The fund is a pot of no-year money authorized by the Modernizing Government Technology Act and funded with $150 million through several rounds of appropriations. Agencies are required to pay back awards to replenish the revolving fund. The goal is to jumpstart work on upgrades to legacy systems, usually involving a move to cloud or managed services. Awards are determined by a board currently led by Maria Roat, the deputy federal CIO.

In recent days, some House Democrats have urged legislative leaders to inject the fund with $1 billion in new money to support efforts to modernize some of the balky technology at the Small Business Administration, the IRS and elsewhere that has led to hiccups in the delivery of COVID-19 relief funds and loans. The House included a $1 billion boost to the TMF in a bill passed in May but there were no additional funds proposed in a Senate bill released this week.

CBP looked to the fund to modernize the ACS payment system – part of the agency's Automated Commercial Environment (ACE) platform. ACE is the primary system for the federal government to process and management risk for cargo import and export. The agency has been upgrading ACE over the last two decades to make it easier and more efficient, aiming for an automated, paperless "single window" of forms, payments and other trade-related documentation for export and import trade brokers.

CBP's plans to move ACS, which includes 4 million lines of COBOL code running on the agency's last remaining mainframe computer, to a cloud platform. The cloud-based core collection system will modernize both the underlying technology and the code base, according to CBP.

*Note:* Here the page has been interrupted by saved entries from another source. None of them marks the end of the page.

//! Keys of rows.

ghost use Rattle.std.specs.Prelude.{◌≡◌, pos, IfOk};
ghost use Rattle.cj_model.specs.Database.Tables.{cell};

use cj_model::{Duplicate, NoMemory, Value};
use std::alloc::Global;

/// The value at index `place` of the row. Past the row's end it is `zero`, which must be the INTEGER 0.
pub fn key_in<'a>(row: &'a [Value], place: usize, zero: &'a Value) -> &'a Value
    requires { zero.now ≡ Value.Int (pos 0) }
    ensures { result.now ≡ cell row.now place }
{
    row.get(place).unwrap_or(zero)
}

/// A copy of the value at index `place` of the row; the INTEGER 0 past its end. Fails only with `NoMemory`.
pub fn key_of(alloc: Global, row: &[Value], place: usize) -> Result<Value, NoMemory>
    ensures { IfOk result (λ key. key ≡ cell row.now place) }
{
    match row.get(place) {
        Some(value) => value.copy(alloc),
        None => Ok(Value::Int(0)),
    }
}
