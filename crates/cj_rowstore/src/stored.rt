//! A table as it is kept: its rows, and those that a transaction sees.

ghost use Rattle.std.specs.Prelude.{◌≡◌, [], None, filter, length, map, option_copied, option_map, reverse, IfOk, OnOk, OnErr};
ghost use Rattle.cj_model.specs.Database.Steps.{aborted, committed, seen};
ghost use Rattle.cj_model.specs.Database.Steps as steps;
ghost use Rattle.cj_rowstore.specs.Lookups.{row_with_key, rows_from};
ghost use Rattle.cj_rowstore.specs.RowEntries.{keyed};
ghost use Rattle.cj_rowstore.specs.Stored.{IsChangeOf, KeepsKeys, changed_slot, rows_after};

use crate::row_edit::RowEdit;
use crate::row_map::RowMap;
use crate::row_predicate::RowTest;
use crate::scan::Scan;
use crate::scan_back::ScanBack;
use crate::version::Version;
use cj_model::{Duplicate, NoMemory, Schema, Value};
use cj_ptree::Shared;
use std::alloc::Global;
use std::marker::Model;

/// The uncommitted rows of one transaction: a snapshot of the base, with the transaction's changes made in it.
#[derive(Drop)]
pub struct StoredDraft {
    /// The transaction's number, above 0.
    tx: u64,
    version: Version,
}

/// A table in memory, with at most one draft. Contracts see it as a slot. A copy shares all rows with it, so it costs a
/// few counts.
#[derive(Drop)]
pub struct StoredTable {
    schema: Shared<Schema>,
    base: Version,
    draft: Option<StoredDraft>,
}

impl Model for StoredTable {
    ghost use Rattle.cj_model.specs.declared.database.Slot.{Slot};
    ghost use Rattle.cj_rowstore.specs.Stored.{HoldsTable, slot_shown};

    ghost Value = { Slot };

    ghost view = { λ table. slot_shown table.schema table.base table.draft };

    ghost invariant = { λ table. HoldsTable table.schema.key table.base table.draft };
}

fn draft_again(draft: &Option<StoredDraft>) -> Result<Option<StoredDraft>, NoMemory>
    ensures { IfOk result (λ copy. copy ≡ draft.now) }
{
    match draft {
        Some(draft) => Ok(Some(StoredDraft {
            tx: draft.tx,
            version: draft.version.snapshot()?,
        })),
        None => Ok(None),
    }
}

impl Duplicate for StoredTable {
    /// The same table again, with its draft. No row is copied.
    fn copy(&self, alloc: Global) -> Result<StoredTable, NoMemory> {
        Ok(StoredTable {
            schema: self.schema.again(alloc)?,
            base: self.base.snapshot()?,
            draft: draft_again(&self.draft)?,
        })
    }
}

impl StoredTable {
    /// A table without rows and without a draft.
    pub fn new(alloc: Global, schema: Schema) -> StoredTable
        ensures { result ≡ record { base = record { schema = schema; rows = [] }; draft = None } }
    {
        StoredTable {
            schema: Shared::of(alloc, schema),
            base: Version::new(alloc),
            draft: None,
        }
    }

    /// A table whose rows are those that the changes put, `count` of them, without a draft.
    pub fn of(
        alloc: Global,
        schema: Schema,
        changes: RowMap,
        count: usize,
    ) -> Result<StoredTable, NoMemory>
        requires { IsChangeOf schema.key [] changes count }
        ensures { IfOk result (λ table. table ≡ record { base = record { schema = schema; rows = rows_after schema.key [] changes }; draft = None }) }
    {
        Ok(StoredTable {
            schema: Shared::of(alloc, schema),
            base: Version::new(alloc).changed(changes, count)?,
            draft: None,
        })
    }

    /// The table's schema.
    pub fn schema(&self) -> &Schema
        ensures { result.now ≡ self.now.base.schema }
    {
        self.schema.get()
    }

    /// The transaction that has a draft of the table; none without a draft.
    pub fn writer(&self) -> Option<u64>
        ensures { result ≡ option_map (λ draft. draft.tx) self.now.draft }
    {
        match &self.draft {
            Some(draft) => Some(draft.tx),
            None => None,
        }
    }

    /// The transaction other than `tx` that has a draft of the table; none if there is none.
    pub fn other_writer(&self, tx: u64) -> Option<u64>
        ensures { result ≡ steps.other_writer tx self.now.draft }
    {
        match &self.draft {
            Some(draft) if draft.tx == tx => None,
            Some(draft) => Some(draft.tx),
            None => None,
        }
    }

    /// Changes the rows that transaction `tx` sees, after which `count` rows are left. With `tx` 0 the
    /// changes are committed at once. No other transaction may have a draft. After `NoMemory` every
    /// transaction sees what it saw before.
    pub fn change(&mut self, tx: u64, changes: RowMap, count: usize) -> Result<(), NoMemory>
        requires unlocked { steps.other_writer tx self.old.draft ≡ None }
        requires change { IsChangeOf self.old.base.schema.key (seen self.old tx).rows changes count }
        ensures ok { OnOk result (self.new ≡ changed_slot self.old tx changes) }
        ensures err { OnErr result (self.new ≡ self.old) }
    {
        match &mut self.draft {
            Some(draft) => {
                draft.version.change(changes, count)?;
                Ok(())
            }
            None if tx == 0 => {
                self.base.change(changes, count)?;
                Ok(())
            }
            None => {
                let version = self.base.changed(changes, count)?;
                self.draft = Some(StoredDraft { tx, version });
                Ok(())
            }
        }
    }

    /// Edits each row. No transaction may have a draft, and each row must keep its key. `NoMemory` leaves the table as
    /// it was.
    pub fn edit_rows<R: RowEdit>(&mut self, by: &R) -> Result<(), NoMemory>
        requires free { self.old.draft ≡ None }
        requires keys { KeepsKeys self.old.base.schema.key (R.edited by.now) }
        ensures ok { OnOk result (self.new ≡ record { base = record { schema = self.old.base.schema; rows = map (R.edited by.now) self.old.base.rows }; draft = None }) }
        ensures err { OnErr result (self.new ≡ self.old) }
    {
        self.base.edit_rows(by)?;
        Ok(())
    }

    /// Keeps only the rows that pass the test, of which there are `count`. No transaction may have a draft. `NoMemory`
    /// leaves the table as it was.
    pub fn keep_rows<T: RowTest>(&mut self, by: &T, count: usize) -> Result<(), NoMemory>
        requires free { self.old.draft ≡ None }
        requires count { count ≡ length (filter (T.passes by.now) self.old.base.rows) }
        ensures ok { OnOk result (self.new ≡ record { base = record { schema = self.old.base.schema; rows = filter (T.passes by.now) self.old.base.rows }; draft = None }) }
        ensures err { OnErr result (self.new ≡ self.old) }
    {
        self.base.keep_rows(by, count)?;
        Ok(())
    }

    /// This table after the commit of transaction `tx`, whose draft becomes the base. The same table again if `tx` has
    /// no draft. No row is copied.
    pub fn committed(&self, alloc: Global, tx: u64) -> Result<StoredTable, NoMemory>
        ensures { IfOk result (λ table. table ≡ committed tx self.now) }
    {
        match &self.draft {
            Some(draft) if draft.tx == tx => Ok(StoredTable {
                schema: self.schema.again(alloc)?,
                base: draft.version.snapshot()?,
                draft: None,
            }),
            Some(_) => self.copy(alloc),
            None => self.copy(alloc),
        }
    }

    /// This table after the abort of transaction `tx`, whose draft is left out. The same table again if `tx` has no
    /// draft. No row is copied.
    pub fn aborted(&self, alloc: Global, tx: u64) -> Result<StoredTable, NoMemory>
        ensures { IfOk result (λ table. table ≡ aborted tx self.now) }
    {
        match &self.draft {
            Some(draft) if draft.tx == tx => Ok(StoredTable {
                schema: self.schema.again(alloc)?,
                base: self.base.snapshot()?,
                draft: None,
            }),
            Some(_) => self.copy(alloc),
            None => self.copy(alloc),
        }
    }

    /// The rows that transaction `tx` sees.
    fn version(&self, tx: u64) -> &Version
        ensures { result.now ≡ keyed self.now.base.schema.key (seen self.now tx).rows }
    {
        match &self.draft {
            Some(draft) if draft.tx == tx => &draft.version,
            Some(_) => &self.base,
            None => &self.base,
        }
    }

    /// A scan of the rows that transaction `tx` sees, in rising key.
    #[tactic(auto, using(crate::proofs::RowLaws::values_keyed))]
    pub fn scan(&self, tx: u64) -> Scan<'_>
        ensures { result ≡ (seen self.now tx).rows }
    {
        self.version(tx).scan()
    }

    /// A scan of the rows that transaction `tx` sees from `key` on, in rising key.
    #[tactic(auto, using(crate::proofs::RowLaws::from_keyed))]
    pub fn scan_from(&self, tx: u64, key: &Value) -> Scan<'_>
        ensures { result ≡ rows_from self.now.base.schema.key key.now (seen self.now tx).rows }
    {
        self.version(tx).scan_from(key)
    }

    /// A scan of the rows that transaction `tx` sees, in falling key.
    #[tactic(auto, using(crate::proofs::RowLaws::values_keyed))]
    pub fn scan_back(&self, tx: u64) -> ScanBack<'_>
        ensures { result ≡ reverse (seen self.now tx).rows }
    {
        self.version(tx).scan_back()
    }

    /// The row with this key that transaction `tx` sees, if there is one.
    #[tactic(auto, using(crate::proofs::RowLaws::at_keyed))]
    pub fn find(&self, tx: u64, key: &Value) -> Option<&[Value]>
        ensures { option_copied result ≡ row_with_key self.now.base.schema.key (seen self.now tx).rows key.now }
    {
        self.version(tx).find(key)
    }

    /// The number of rows that transaction `tx` sees.
    pub fn count(&self, tx: u64) -> usize
        ensures { result ≡ length (seen self.now tx).rows }
    {
        self.version(tx).count()
    }
}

The agency said the modernization will also help push more cost and operational efficiencies into the system, cutting down on software and maintenance expenses. It will also provide a more functional and collection system for the trade brokers that use it, said the agency.

As the end of fiscal 2020 approaches, the TMF board has allocated almost $116 million across 10 projects. It said it continues to accept and evaluate agency proposals to modernize.

The makeup of the TMF board has changed in recent weeks, with the departure of former federal CIO Suzette Kent and Anil Cheryian, the former director of the Technology. A new GSA representative has yet to be named to the board.